# [WORKING DATA]
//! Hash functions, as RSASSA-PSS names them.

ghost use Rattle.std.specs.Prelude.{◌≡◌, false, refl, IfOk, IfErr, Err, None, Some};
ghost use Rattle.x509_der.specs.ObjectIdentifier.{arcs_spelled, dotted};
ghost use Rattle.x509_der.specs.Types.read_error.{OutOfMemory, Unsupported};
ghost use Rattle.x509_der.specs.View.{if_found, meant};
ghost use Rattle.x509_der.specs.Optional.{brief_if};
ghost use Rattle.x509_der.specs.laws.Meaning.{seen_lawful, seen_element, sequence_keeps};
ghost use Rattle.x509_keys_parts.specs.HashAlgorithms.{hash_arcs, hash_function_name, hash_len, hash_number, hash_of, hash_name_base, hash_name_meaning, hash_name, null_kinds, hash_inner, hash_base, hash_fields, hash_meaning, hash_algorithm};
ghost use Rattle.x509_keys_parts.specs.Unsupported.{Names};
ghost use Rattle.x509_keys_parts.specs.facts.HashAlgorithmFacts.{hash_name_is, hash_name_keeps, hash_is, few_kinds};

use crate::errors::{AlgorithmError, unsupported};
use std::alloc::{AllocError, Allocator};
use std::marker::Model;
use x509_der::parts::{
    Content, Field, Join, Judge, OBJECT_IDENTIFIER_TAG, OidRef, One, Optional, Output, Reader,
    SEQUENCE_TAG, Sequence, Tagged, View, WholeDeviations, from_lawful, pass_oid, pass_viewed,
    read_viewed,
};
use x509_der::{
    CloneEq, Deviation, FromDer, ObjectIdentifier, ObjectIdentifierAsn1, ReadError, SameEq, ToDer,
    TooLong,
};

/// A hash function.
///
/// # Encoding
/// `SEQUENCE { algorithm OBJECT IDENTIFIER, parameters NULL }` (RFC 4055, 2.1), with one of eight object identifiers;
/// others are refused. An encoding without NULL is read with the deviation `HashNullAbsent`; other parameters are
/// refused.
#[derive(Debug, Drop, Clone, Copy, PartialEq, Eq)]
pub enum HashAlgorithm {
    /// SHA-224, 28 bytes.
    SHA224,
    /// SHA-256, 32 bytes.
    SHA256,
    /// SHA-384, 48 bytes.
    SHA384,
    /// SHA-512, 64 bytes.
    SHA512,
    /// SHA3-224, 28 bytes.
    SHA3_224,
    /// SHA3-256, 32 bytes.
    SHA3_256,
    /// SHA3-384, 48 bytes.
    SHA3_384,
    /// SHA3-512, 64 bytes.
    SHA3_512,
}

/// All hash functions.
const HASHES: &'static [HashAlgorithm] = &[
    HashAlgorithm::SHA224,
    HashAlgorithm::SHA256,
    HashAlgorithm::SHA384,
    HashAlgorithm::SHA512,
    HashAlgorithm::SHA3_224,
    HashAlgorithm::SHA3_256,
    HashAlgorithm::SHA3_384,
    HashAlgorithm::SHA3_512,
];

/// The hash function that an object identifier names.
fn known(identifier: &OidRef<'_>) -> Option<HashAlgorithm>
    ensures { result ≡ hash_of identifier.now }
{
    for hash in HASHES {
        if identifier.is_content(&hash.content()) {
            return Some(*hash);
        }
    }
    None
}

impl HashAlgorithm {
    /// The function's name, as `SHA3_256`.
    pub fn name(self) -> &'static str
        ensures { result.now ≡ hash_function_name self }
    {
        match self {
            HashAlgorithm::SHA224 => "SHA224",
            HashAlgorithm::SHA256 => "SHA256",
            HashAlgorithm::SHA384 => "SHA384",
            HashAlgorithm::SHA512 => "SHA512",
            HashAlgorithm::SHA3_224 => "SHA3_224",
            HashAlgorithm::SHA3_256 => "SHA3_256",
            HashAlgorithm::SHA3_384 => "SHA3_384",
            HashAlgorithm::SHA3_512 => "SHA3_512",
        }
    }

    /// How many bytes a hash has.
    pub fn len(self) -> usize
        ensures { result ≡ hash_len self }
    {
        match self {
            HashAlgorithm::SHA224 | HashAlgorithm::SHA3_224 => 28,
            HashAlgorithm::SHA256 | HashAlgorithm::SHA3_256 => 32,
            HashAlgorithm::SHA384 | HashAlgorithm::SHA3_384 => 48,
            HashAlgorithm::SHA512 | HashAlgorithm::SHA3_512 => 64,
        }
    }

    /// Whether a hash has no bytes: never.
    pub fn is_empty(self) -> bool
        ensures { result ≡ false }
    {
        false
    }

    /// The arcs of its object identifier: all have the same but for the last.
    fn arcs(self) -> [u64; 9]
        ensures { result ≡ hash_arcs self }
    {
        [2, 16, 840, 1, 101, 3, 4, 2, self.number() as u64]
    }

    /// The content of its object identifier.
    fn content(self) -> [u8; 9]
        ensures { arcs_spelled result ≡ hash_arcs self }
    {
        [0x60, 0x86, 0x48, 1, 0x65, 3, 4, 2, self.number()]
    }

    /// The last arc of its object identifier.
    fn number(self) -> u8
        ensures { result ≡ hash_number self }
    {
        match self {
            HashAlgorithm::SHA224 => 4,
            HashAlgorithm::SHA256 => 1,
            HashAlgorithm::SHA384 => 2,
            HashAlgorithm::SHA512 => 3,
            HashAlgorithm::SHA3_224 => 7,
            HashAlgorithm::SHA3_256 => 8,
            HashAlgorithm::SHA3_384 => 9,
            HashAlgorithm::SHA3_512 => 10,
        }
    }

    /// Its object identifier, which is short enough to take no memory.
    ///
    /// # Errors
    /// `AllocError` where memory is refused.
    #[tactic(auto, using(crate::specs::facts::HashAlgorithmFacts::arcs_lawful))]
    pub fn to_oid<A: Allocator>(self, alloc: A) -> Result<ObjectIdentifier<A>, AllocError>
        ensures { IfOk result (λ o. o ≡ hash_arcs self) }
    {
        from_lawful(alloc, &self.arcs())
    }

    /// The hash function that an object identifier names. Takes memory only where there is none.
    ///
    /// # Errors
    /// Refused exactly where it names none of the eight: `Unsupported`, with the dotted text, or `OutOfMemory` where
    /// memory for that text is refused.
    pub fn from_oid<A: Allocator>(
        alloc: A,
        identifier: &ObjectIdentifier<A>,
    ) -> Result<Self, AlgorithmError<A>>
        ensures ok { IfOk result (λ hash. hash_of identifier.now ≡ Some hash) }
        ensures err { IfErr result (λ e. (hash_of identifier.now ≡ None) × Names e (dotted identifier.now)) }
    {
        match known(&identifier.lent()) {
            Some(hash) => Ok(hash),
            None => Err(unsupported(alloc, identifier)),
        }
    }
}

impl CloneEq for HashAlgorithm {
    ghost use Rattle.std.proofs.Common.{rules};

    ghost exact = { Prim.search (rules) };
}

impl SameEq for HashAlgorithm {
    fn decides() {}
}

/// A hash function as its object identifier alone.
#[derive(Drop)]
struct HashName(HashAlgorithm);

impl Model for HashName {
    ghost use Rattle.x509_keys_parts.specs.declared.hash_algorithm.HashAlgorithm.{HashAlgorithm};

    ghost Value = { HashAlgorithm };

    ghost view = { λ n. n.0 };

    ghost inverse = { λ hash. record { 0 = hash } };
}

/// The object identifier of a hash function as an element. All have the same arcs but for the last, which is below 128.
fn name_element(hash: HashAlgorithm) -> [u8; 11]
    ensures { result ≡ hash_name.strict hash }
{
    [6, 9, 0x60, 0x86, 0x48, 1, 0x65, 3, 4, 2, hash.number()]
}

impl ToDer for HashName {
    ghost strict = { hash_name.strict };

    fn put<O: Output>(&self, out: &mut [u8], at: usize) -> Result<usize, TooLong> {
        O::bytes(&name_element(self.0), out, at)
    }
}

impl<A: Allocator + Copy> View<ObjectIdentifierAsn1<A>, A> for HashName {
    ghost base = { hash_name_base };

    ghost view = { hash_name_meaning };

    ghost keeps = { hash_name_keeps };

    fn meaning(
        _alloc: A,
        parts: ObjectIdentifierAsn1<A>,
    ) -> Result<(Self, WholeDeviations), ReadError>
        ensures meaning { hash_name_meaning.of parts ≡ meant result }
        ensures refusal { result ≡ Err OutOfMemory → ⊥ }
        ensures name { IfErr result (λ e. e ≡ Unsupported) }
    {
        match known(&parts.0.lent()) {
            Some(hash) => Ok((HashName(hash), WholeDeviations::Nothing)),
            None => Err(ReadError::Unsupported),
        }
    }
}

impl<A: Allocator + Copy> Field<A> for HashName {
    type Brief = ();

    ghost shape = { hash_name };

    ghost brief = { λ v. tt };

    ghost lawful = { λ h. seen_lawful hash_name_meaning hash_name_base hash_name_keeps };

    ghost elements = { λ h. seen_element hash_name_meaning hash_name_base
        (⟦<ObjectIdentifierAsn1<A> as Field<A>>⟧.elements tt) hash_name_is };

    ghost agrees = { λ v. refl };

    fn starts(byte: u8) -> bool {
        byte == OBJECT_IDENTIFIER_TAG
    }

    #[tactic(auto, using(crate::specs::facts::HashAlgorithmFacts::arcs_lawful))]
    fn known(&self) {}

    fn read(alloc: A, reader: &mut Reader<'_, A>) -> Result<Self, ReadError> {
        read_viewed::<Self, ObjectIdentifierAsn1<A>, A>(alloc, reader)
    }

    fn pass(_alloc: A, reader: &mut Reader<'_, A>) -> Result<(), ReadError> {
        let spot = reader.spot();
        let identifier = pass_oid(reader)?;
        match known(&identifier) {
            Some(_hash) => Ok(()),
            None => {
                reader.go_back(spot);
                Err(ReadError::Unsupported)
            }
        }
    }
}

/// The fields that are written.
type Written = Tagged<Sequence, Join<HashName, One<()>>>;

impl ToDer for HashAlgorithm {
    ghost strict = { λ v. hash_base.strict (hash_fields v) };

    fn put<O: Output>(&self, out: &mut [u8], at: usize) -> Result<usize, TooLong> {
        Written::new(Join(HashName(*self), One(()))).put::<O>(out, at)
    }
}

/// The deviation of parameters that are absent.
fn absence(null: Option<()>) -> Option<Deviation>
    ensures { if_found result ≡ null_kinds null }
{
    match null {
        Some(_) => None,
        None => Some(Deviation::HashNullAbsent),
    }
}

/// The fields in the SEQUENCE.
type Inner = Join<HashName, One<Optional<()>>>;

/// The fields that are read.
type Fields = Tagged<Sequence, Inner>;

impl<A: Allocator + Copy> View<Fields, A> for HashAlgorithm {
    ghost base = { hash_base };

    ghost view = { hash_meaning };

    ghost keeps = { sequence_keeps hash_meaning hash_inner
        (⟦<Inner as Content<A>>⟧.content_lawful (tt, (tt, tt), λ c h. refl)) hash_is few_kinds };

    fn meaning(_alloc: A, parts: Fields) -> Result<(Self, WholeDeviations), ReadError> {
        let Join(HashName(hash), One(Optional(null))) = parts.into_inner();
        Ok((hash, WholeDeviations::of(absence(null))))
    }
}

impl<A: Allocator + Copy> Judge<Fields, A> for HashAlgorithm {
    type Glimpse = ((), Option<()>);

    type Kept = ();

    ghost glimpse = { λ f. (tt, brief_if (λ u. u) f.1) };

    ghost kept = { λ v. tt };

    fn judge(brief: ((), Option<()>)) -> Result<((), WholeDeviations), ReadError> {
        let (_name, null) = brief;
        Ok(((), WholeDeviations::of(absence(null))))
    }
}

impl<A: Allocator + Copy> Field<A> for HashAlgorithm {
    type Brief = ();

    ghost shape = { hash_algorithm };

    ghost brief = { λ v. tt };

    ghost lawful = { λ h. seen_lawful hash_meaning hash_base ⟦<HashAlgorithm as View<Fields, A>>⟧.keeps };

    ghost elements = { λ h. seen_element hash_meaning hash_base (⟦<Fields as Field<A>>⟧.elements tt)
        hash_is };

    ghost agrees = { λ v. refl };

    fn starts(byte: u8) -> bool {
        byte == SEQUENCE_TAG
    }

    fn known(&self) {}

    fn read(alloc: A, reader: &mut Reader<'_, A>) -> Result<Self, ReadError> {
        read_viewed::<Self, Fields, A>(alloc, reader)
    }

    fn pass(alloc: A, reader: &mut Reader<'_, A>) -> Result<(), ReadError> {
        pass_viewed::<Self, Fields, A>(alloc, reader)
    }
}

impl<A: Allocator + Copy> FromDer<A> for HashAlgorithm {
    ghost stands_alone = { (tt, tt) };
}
--
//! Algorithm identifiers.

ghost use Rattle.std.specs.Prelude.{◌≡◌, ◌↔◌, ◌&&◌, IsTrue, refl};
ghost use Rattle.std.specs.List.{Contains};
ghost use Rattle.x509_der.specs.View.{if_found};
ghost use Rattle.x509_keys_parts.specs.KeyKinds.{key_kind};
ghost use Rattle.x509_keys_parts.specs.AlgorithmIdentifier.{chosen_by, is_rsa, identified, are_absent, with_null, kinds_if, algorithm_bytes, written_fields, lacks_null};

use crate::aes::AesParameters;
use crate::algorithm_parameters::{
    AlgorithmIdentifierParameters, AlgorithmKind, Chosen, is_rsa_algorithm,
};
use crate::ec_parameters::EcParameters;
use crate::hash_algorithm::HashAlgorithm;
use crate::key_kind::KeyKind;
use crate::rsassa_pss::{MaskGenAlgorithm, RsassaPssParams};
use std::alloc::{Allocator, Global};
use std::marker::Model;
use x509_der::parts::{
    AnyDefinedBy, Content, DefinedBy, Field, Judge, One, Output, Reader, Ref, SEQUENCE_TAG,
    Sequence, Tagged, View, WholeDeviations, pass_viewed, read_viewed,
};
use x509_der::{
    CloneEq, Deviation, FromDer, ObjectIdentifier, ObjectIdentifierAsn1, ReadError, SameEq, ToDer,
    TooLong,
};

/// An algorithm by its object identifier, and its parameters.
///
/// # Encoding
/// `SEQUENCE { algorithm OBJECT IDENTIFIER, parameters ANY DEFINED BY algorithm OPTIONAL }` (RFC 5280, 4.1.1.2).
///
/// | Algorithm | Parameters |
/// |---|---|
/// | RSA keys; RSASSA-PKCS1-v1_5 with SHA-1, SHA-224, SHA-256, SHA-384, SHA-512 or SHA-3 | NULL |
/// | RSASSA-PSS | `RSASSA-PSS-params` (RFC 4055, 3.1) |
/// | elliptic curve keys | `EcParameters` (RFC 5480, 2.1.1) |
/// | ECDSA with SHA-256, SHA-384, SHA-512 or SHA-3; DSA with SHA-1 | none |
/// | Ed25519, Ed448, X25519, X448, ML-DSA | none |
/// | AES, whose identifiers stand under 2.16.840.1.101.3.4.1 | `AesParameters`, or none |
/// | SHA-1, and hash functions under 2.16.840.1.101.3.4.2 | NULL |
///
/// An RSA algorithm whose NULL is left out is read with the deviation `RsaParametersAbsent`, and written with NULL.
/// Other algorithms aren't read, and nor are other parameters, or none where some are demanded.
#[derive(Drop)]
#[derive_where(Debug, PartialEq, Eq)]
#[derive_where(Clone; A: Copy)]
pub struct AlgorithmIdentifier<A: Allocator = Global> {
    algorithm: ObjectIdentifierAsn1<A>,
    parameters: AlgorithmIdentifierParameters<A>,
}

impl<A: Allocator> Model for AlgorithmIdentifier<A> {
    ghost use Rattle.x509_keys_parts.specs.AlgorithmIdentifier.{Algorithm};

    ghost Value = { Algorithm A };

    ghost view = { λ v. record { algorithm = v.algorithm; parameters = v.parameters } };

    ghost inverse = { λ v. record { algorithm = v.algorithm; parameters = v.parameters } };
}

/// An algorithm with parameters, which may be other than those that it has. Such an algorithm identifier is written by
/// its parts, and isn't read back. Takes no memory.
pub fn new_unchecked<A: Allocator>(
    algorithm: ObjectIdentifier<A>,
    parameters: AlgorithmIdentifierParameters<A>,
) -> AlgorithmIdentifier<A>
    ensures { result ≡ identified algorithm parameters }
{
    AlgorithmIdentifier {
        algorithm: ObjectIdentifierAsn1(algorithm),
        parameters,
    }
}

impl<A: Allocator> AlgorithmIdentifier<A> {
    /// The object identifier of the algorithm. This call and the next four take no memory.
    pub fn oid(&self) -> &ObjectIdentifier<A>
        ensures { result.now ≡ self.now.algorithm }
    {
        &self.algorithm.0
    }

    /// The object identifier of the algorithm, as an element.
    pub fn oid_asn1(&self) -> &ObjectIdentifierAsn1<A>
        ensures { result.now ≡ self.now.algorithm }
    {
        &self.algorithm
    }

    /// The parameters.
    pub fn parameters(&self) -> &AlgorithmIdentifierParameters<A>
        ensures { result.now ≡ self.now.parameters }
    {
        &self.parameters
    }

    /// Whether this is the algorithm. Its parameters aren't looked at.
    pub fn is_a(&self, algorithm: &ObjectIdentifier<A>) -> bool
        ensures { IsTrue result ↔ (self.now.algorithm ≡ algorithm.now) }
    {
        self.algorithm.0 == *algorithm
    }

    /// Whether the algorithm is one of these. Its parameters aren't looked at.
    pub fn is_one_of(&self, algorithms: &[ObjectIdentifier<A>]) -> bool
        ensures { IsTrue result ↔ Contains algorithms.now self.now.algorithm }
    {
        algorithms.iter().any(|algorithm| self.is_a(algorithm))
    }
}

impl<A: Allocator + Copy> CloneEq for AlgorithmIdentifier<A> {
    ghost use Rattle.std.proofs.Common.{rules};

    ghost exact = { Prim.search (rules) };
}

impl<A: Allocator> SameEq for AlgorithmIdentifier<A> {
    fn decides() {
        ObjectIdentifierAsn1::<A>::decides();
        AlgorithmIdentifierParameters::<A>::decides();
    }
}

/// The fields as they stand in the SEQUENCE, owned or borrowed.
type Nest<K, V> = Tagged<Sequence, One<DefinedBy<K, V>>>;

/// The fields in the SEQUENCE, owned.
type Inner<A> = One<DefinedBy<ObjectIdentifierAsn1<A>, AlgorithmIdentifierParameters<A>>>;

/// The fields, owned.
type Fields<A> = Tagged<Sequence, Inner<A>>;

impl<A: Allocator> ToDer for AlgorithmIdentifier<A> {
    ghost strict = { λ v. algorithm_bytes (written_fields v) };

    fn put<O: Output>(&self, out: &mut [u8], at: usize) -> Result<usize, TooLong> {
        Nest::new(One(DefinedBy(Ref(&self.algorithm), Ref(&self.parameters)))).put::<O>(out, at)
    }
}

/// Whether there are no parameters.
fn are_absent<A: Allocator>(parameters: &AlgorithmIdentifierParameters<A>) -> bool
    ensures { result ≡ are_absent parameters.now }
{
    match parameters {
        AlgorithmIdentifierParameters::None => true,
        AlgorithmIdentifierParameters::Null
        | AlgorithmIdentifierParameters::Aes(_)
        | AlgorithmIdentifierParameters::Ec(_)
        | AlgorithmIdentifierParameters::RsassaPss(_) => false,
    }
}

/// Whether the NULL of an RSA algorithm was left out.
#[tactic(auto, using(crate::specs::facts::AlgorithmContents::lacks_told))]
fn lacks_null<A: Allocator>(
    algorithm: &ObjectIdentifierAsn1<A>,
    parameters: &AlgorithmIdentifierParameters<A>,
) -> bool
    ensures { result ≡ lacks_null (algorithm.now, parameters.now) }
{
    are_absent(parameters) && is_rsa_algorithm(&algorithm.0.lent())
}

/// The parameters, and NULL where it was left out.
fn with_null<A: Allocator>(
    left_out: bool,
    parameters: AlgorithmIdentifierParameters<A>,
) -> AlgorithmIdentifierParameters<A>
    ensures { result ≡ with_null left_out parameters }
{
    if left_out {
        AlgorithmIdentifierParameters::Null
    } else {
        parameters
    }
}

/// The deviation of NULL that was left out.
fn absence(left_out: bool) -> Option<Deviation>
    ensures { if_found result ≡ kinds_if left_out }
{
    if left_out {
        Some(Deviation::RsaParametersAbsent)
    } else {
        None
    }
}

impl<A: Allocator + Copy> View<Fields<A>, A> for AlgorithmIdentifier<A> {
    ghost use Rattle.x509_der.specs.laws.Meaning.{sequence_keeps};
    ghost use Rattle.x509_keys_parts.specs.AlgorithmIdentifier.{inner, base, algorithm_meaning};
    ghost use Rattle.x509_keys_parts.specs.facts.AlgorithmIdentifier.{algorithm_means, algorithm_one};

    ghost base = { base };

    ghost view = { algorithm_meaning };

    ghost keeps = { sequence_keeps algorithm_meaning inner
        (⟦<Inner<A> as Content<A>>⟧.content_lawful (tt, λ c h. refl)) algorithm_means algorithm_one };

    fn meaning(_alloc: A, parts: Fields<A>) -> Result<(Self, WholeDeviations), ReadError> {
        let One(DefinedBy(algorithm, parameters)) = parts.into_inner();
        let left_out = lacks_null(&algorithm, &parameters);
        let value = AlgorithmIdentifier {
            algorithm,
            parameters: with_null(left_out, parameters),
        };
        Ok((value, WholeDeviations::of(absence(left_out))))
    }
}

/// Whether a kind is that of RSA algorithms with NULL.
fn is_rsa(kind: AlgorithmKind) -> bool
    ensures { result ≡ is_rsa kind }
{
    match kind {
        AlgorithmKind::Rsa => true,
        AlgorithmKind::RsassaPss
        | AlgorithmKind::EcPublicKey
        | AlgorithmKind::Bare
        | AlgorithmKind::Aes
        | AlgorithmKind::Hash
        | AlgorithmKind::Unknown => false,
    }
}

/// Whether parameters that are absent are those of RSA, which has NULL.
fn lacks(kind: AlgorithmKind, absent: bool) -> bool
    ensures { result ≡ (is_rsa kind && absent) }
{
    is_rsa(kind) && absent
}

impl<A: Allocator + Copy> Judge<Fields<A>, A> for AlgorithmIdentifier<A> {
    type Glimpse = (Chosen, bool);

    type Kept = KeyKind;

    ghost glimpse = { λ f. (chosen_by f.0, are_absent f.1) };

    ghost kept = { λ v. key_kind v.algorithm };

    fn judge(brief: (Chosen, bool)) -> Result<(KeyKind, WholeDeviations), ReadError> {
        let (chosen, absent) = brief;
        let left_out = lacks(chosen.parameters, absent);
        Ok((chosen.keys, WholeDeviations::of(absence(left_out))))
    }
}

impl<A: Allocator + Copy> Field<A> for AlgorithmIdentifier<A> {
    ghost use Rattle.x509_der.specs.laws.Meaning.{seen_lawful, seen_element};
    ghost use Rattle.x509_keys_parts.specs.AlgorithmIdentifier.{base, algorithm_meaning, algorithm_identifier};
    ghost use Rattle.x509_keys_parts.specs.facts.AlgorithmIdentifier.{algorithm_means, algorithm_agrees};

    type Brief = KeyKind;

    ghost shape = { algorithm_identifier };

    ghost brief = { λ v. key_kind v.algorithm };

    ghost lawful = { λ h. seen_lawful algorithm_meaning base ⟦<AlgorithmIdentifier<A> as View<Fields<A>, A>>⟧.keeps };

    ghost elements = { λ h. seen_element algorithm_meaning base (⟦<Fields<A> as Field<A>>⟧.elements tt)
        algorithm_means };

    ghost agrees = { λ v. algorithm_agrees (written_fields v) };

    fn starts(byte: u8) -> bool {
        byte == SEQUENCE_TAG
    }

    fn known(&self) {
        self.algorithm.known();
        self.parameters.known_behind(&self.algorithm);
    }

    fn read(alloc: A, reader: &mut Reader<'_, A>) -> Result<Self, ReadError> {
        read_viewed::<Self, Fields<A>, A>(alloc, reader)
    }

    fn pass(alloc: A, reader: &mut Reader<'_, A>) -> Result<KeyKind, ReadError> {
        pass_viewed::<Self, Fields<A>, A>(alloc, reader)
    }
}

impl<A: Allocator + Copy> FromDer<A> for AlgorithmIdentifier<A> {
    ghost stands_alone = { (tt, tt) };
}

# [TO DO]
Check each line of the data above, and please copy the ones in which the string "AlgorithmError" occurs.

# [TASK RESULT]
use crate::errors::{AlgorithmError, unsupported};
    ) -> Result<Self, AlgorithmError<A>>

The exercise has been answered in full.